:: TASK ITEM ::
Nothing below is to be printed except the lines between the line holding "#![tactic(auto)]" and the line holding "use walks::aim::Aim;", inclusive, each exactly as it appears.

|---|

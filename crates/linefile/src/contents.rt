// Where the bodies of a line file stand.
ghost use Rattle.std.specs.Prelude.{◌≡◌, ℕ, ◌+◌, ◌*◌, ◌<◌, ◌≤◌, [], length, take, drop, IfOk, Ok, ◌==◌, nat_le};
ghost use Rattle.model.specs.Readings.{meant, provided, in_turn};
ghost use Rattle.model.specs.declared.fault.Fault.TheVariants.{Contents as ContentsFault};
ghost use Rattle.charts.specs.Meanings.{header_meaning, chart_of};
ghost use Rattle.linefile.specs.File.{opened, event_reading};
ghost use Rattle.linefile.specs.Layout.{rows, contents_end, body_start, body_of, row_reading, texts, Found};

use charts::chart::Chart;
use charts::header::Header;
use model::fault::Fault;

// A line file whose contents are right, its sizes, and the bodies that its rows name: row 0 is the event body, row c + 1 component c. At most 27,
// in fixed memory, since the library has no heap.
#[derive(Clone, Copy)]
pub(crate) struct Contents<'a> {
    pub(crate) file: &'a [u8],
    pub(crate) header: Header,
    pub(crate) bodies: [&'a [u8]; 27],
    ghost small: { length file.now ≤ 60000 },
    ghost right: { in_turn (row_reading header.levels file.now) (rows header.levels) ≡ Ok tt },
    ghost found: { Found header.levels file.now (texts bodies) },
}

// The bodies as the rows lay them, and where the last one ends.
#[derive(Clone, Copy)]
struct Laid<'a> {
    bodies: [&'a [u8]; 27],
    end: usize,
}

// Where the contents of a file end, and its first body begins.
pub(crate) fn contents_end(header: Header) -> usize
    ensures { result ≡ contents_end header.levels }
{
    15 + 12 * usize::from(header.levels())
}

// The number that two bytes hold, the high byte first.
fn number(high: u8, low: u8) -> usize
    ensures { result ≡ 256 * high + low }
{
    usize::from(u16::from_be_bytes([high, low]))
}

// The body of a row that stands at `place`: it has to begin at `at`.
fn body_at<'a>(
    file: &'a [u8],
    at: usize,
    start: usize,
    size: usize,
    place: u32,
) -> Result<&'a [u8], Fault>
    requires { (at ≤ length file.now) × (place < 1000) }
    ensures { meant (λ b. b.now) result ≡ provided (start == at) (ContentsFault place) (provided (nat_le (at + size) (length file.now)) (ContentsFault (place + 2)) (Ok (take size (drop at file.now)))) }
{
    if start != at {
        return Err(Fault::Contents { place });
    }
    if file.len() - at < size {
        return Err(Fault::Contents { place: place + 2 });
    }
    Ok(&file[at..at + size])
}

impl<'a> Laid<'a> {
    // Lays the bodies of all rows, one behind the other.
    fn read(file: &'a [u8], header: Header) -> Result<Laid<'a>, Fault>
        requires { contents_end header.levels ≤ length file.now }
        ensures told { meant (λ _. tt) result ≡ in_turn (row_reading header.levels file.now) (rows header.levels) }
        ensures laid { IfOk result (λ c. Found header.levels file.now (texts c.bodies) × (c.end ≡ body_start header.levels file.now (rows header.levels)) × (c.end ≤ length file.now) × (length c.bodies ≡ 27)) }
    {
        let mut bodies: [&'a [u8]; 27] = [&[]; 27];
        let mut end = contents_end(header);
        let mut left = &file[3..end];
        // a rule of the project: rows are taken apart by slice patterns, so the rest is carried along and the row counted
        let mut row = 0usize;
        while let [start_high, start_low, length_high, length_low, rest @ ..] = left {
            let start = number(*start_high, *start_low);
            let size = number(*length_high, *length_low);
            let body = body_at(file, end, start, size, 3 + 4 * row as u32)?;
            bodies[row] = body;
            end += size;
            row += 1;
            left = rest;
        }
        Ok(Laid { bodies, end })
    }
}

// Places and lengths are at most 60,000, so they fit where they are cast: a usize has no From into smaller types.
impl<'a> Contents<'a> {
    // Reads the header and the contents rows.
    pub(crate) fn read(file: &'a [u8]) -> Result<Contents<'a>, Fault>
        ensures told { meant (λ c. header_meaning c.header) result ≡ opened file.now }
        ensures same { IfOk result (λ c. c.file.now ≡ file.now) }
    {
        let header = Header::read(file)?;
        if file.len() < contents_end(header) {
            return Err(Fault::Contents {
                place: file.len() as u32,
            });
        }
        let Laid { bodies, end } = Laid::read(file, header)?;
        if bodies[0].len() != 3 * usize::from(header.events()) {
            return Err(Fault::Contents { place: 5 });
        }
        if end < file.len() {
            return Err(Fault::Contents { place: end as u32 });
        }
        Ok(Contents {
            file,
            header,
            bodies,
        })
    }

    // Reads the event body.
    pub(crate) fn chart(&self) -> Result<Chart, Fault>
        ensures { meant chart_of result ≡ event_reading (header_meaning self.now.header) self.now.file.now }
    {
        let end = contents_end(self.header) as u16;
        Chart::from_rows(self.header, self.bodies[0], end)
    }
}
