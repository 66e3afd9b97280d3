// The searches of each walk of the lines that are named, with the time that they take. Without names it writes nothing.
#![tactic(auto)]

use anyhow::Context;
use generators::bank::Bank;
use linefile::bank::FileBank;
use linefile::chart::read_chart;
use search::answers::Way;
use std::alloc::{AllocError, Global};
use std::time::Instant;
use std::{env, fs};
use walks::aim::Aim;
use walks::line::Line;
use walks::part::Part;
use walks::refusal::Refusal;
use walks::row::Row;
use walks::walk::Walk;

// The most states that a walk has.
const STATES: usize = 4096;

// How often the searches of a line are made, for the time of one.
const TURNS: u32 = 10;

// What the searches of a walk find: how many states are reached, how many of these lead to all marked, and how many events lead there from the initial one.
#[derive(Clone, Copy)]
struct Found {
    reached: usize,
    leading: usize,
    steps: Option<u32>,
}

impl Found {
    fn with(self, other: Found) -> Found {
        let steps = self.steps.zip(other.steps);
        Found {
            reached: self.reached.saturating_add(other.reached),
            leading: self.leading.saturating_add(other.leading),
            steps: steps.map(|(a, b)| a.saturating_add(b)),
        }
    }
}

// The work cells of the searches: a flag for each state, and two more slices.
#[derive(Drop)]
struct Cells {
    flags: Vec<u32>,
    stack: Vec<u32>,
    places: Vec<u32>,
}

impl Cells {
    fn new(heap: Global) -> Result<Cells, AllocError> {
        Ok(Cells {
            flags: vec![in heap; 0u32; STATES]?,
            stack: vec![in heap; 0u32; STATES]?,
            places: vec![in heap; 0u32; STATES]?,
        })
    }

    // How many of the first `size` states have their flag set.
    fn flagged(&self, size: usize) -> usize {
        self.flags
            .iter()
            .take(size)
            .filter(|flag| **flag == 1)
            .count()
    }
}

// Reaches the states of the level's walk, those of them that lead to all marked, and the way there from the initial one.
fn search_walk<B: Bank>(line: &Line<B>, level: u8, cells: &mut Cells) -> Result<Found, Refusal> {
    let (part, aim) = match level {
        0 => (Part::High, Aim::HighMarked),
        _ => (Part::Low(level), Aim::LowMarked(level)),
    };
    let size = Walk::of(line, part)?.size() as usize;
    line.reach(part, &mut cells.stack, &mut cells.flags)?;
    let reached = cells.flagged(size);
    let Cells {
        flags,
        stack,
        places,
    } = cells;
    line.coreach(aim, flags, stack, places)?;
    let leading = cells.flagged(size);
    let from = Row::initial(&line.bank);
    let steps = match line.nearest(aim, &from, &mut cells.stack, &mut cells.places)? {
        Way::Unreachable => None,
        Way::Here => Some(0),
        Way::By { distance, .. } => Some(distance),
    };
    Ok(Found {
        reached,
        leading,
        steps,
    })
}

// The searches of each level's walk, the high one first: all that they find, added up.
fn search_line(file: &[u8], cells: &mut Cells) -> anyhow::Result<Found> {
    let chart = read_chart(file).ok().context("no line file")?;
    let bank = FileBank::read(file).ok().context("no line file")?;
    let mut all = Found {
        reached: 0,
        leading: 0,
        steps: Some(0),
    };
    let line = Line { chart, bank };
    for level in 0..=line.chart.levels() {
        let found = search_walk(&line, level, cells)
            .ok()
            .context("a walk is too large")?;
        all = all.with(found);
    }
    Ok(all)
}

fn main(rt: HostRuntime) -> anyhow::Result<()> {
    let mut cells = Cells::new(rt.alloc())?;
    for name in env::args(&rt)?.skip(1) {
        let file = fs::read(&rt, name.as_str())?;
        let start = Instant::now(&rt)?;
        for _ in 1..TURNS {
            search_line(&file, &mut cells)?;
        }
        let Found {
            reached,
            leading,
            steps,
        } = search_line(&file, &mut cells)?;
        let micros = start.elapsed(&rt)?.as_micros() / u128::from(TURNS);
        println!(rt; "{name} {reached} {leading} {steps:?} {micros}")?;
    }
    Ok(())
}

|---|

:: SOLUTION ::
#![tactic(auto)]

use anyhow::Context;
use generators::bank::Bank;
use linefile::bank::FileBank;
use linefile::chart::read_chart;
use search::answers::Way;
use std::alloc::{AllocError, Global};
use std::time::Instant;
use std::{env, fs};
use walks::aim::Aim;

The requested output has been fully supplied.